Deutsche Gesellschaft für Neurochirurgie. 65. Jahrestagung der Deutschen Gesellschaft für Neurochirurgie (DGNC). Dresden, 11.-14.05.2014. Düsseldorf: German Medical Science GMS Publishing House; 2014. DocDI.17.07

doi: 10.3205/14dgnc236, urn:nbn:de:0183-14dgnc2360

Veröffentlicht: 13. Mai 2014

© 2014 Masomi et al.
Dieser Artikel ist ein Open Access-Artikel und steht unter den Creative Commons Lizenzbedingungen (http://creativecommons.org/licenses/by-nc-nd/3.0/deed.de). Er darf vervielfältigt, verbreitet und öffentlich zugänglich gemacht werden, vorausgesetzt dass Autor und Quelle genannt werden.

Gliederung

Text

Objective: Hematoma lysis with recombinant tissue plasminogen activator (rtPA) has emerged as an optional therapy for spontaneous intracerebral hemorrhage (ICH). However, the effect of hematoma volume reduction is often counteracted by rtPA-induced delayed edema as a side effect. Transcranial ultrasound has been applied in combination with rtPA lysis for the treatment of intracranial arterial occlusion. An advantage of endosongraphy in contrast to transcranial sonography is its higher frequency at a lower range protecting surrounding tissue. The aim of this study was to evaluate the lysis of blood clots using an endosonography catheter and a reduced dose of rtPA in a novel clot model to achieve hematoma lysis with non-toxic doses of rtPA.

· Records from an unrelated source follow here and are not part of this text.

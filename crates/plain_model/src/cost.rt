//! What a checkpoint may cost.

ghost use Rattle.std.specs.Prelude.{◌≡◌, ◌+◌, ◌*◌, ◌≤◌, is_some};
ghost use Rattle.sls_base.specs.declared.limits.TheConstants.{OBJECTS, PAGES};
ghost use Rattle.plain_state.specs.Objects.{every_object, every_page};
ghost use Rattle.plain_model.specs.Cost as plain;
ghost use Rattle.plain_state.specs.Worlds.{has_page};
ghost use Rattle.plain_state.specs.Sweep.{swept};
ghost use Rattle.plain_state.specs.Slow.{state_of};
ghost use Rattle.plain_state.specs.SlowSweep.{TellsReached};
ghost use Rattle.plain_model.specs.SlowWorld.{world_of};

use crate::world::{World, has_number};
use plain_state::{OBJECT_END, PAGE_END, Reached, State, has_page_number};
use sls_base::{ObjId, PageNo};

/// Whether a state has an object of a number.
fn has_object(state: &State, id: ObjId) -> bool
    ensures { result ≡ is_some ((state_of state.now).objects id) }
{
    state.object(id).is_some()
}

#[tactic(auto, unfolding(crate::specs::SlowWorld::world_of))]
impl World {
    fn is_written(&self, reached: &Reached, id: ObjId) -> bool
        ensures { TellsReached reached.now (state_of self.now.running) → result
            ≡ plain.is_written (world_of self.now) id }
    {
        has_number(self.changed.as_slice(), u16::from(id))
            || self.running.is_swept_otherwise(reached, id)
    }

    /// Whether a page is one of an object that is reached.
    fn keeps_page(&self, reached: &Reached, page: PageNo) -> bool
        ensures { TellsReached reached.now (state_of self.now.running) → result
            ≡ has_page (swept (state_of self.now.running)) page }
    {
        (0..OBJECT_END).any(|id| reached.has(id) && has_page_number(self.running.object(id), page))
    }

    /// Whether an object is there, and is reached.
    fn keeps_object(&self, reached: &Reached, id: ObjId) -> bool
        ensures { TellsReached reached.now (state_of self.now.running) → result
            ≡ is_some ((swept (state_of self.now.running)).objects id) }
    {
        reached.has(id) && has_object(&self.running, id)
    }

    fn object_turns(&self, reached: &Reached, id: ObjId) -> bool
        ensures { TellsReached reached.now (state_of self.now.running) → result
            ≡ plain.object_turns (world_of self.now) id }
    {
        has_object(&self.saved, id) != self.keeps_object(reached, id)
    }

    fn page_turns(&self, reached: &Reached, page: PageNo) -> bool
        ensures { TellsReached reached.now (state_of self.now.running) → result
            ≡ plain.page_turns (world_of self.now) page }
    {
        self.saved.has_page(page) != self.keeps_page(reached, page)
    }

    fn count_of_stored(&self) -> usize
        ensures count { result ≡ plain.count_of every_page (world_of self.now).stored }
        ensures few { result ≤ PAGES }
    {
        (0..PAGE_END)
            .filter(|page| has_number(self.stored.as_slice(), *page))
            .count()
    }

    fn count_of_written(&self, reached: &Reached) -> usize
        requires { TellsReached reached.now (state_of self.now.running) }
        ensures count { result ≡ plain.count_of every_object (plain.is_written (world_of self.now)) }
        ensures few { result ≤ OBJECTS }
    {
        (0..OBJECT_END)
            .filter(|id| self.is_written(reached, *id))
            .count()
    }

    fn count_of_object_turns(&self, reached: &Reached) -> usize
        requires { TellsReached reached.now (state_of self.now.running) }
        ensures count { result ≡ plain.count_of every_object (plain.object_turns (world_of self.now)) }
        ensures few { result ≤ OBJECTS }
    {
        (0..OBJECT_END)
            .filter(|id| self.object_turns(reached, *id))
            .count()
    }

    fn count_of_page_turns(&self, reached: &Reached) -> usize
        requires { TellsReached reached.now (state_of self.now.running) }
        ensures count { result ≡ plain.count_of every_page (plain.page_turns (world_of self.now)) }
        ensures few { result ≤ PAGES }
    {
        (0..PAGE_END)
            .filter(|page| self.page_turns(reached, *page))
            .count()
    }

    /// What a checkpoint may cost, in operations on the memory.
    pub fn cost(&self) -> u32
        ensures cost { result ≡ plain.cost (world_of self.now) }
        ensures most { result ≤ 8 * (PAGES + OBJECTS + OBJECTS + PAGES) + 64 }
    {
        let reached = self.running.reached();
        let count = self.count_of_stored()
            + self.count_of_written(&reached)
            + self.count_of_object_turns(&reached)
            + self.count_of_page_turns(&reached);
        8 * count as u32 + 64
    }
}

Method: In vitro blood clots were produced from 25 ml of human blood, incubated 4 h at 37 C°. An external ventricular drainage (EVD) was placed into all clots, mimicking the intracranial situation of a lysis catheter, and connected to a drainage system. The clots were submerged 10 cm in water and 15 cm above the ground of a 37 C° water bath. 4 experimental groups each consisting of 3 blood clots were analyzed in different treatment situations. Group 1 has no further treatment, in group 2 a suboptimal dose of 0.3 mg rtPA was administered, in group 3 in addition to rtPA 1 h ultrasound exposure by a 10 F endosonography catheter was achieved in B-mode (10 mHz) and Doppler-mode (6.5 mHz) to create maximum ultrasound power, and in group 4 only ultrasound was applied. In groups 2 and 3 the drainage was closed for 1 h after rtPA injection, in group 1 and 4 it remained open. Clots were weighed before and 1 h after treatment. Statistical analysis was performed by a t-Test.

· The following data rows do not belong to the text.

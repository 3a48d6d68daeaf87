//! The objects in the persistent memory, as they are written from one version to the next.

ghost use Rattle.std.specs.Prelude.{◌≡◌, ◌≢◌, ◌⊎◌, ℕ, ◌+◌, ◌*◌, ◌<◌, ◌≤◌, ◌↔◌, IsTrue, Option, slice_index, slice_index_or};
ghost use Rattle.pmem_model.specs.Words.{Word};
ghost use Rattle.pmem_model.specs.Memory.{SameHomes, word_at, KeepsCounts};
ghost use Rattle.pmem_model.specs.Events.{IsCalm};
ghost use Rattle.pmem_operations.specs.Operations.{IsAtMostOne};
ghost use Rattle.pmem_layout.specs.Owners.{Objects};
ghost use Rattle.pmem_layout.specs.Rooms.{FencedIn, StoresOnlyIn};
ghost use Rattle.kobj_codec.specs.declared.obj.Obj.{Obj};
ghost use Rattle.object_root.specs.Format.{IsChosen, ObjectsStand};
ghost use Rattle.object_root.specs.Room.{nothing, number_of, stage_at, AllIdle, KeepsOthers, Passes};
ghost use Rattle.object_root.specs.Steps.{Writes, StoresTag, fenced, steps_left, AtMostOne};
ghost use Rattle.object_root.specs.Shows.{AreClean, ObjectsShow, AllSettled, IsRecordOf, KeepsShowing, SparesSaved};
ghost use Rattle.object_root.specs.declared.slot.Slot.{Slot};
ghost use Rattle.object_root.specs.declared.stage.Phase.TheVariants as phases;
ghost use Rattle.object_root.specs.declared.stage.Stage.TheVariants as stages;

use crate::choice::chosen;
use crate::memory;
use crate::slot::Slot;
use crate::stage::{Phase, Stage};
use pmem_layout::{
    EMPTY_WORD, OBJECT_TAGS_AT, SLOT_LINES, SLOT_WORDS, SLOTS, Tag, line_at, object_slot_at,
    object_tag_at,
};
use pmem_model::Pmem;
use pmem_operations::laws::operations;
use sls_base::{LAST_VERSION, LEADER, LINE_WORDS, OBJECTS, ObjId, Version};
use std::marker::Model;

/// The lines of the tags of all objects.
const TAG_LINES: usize = SLOTS * OBJECTS / LINE_WORDS;

/// How far an object has come, and under which version.
#[derive(Clone, Copy)]
struct Progress {
    version: Version,
    stage: Stage,
}

/// The objects as they stand at the committed version, and as they are written under the next one beside it.
///
/// First recovery clears what a checkpoint that was cut left (`clear_step`). Then each object that changed is written
/// (`write_step`); after a fence by the leader (`fenced`) the tag of each is stored (`tag_step`); and after another the
/// commit makes them what is read (`committed`). A step does at most one operation on the memory, and no call takes
/// memory.
#[derive(Drop)]
pub struct Roots {
    version: Version,
    phase: Phase,
    progress: [Progress; OBJECTS],
}

impl Model for Roots {
    ghost use Rattle.object_root.specs.Room.{Room, stages_under, IsSound};

    ghost Value = { Room };

    ghost view = { λ r. record { version = r.version; phase = r.phase; stages = stages_under r.version r.progress } };

    ghost invariant = { λ r. IsSound r.version r.progress };
}

fn no_progress() -> [Progress; OBJECTS]
    ensures { (id : ℕ) → slice_index_or result id nothing ≡ nothing }
{
    [Progress {
        version: 0,
        stage: Stage::Idle,
    }; OBJECTS]
}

Results: It was possible to create a reliable clot model for in vitro investigation. The post-treatment clot volume of the control group was 53.7% ±8%, rtPA group 51.9% ±3%, ultrasound group 51.7% ±10.5% and rtPA+ultrasound group 43.8% ±5%. Comparing the groups, there was a significant reduction of clot volume in the rtPA+ultrasound compared to the control group (P<0.05) and a tendency compared to the rtPA group.

Conclusions: Preliminary results of our experimental in vitro study of clot lysis show an additive effect of lysis induction by minimal rtPA dose and sono-thrombolysis. Thus a possible combined treatment of sono-thrombolysis and a minimal rtPA dose could achieve sufficient hematoma volume reduction and reduced cytotoxic effects of rtPA on brain tissue. This needs further investigation in an animal model of ICH.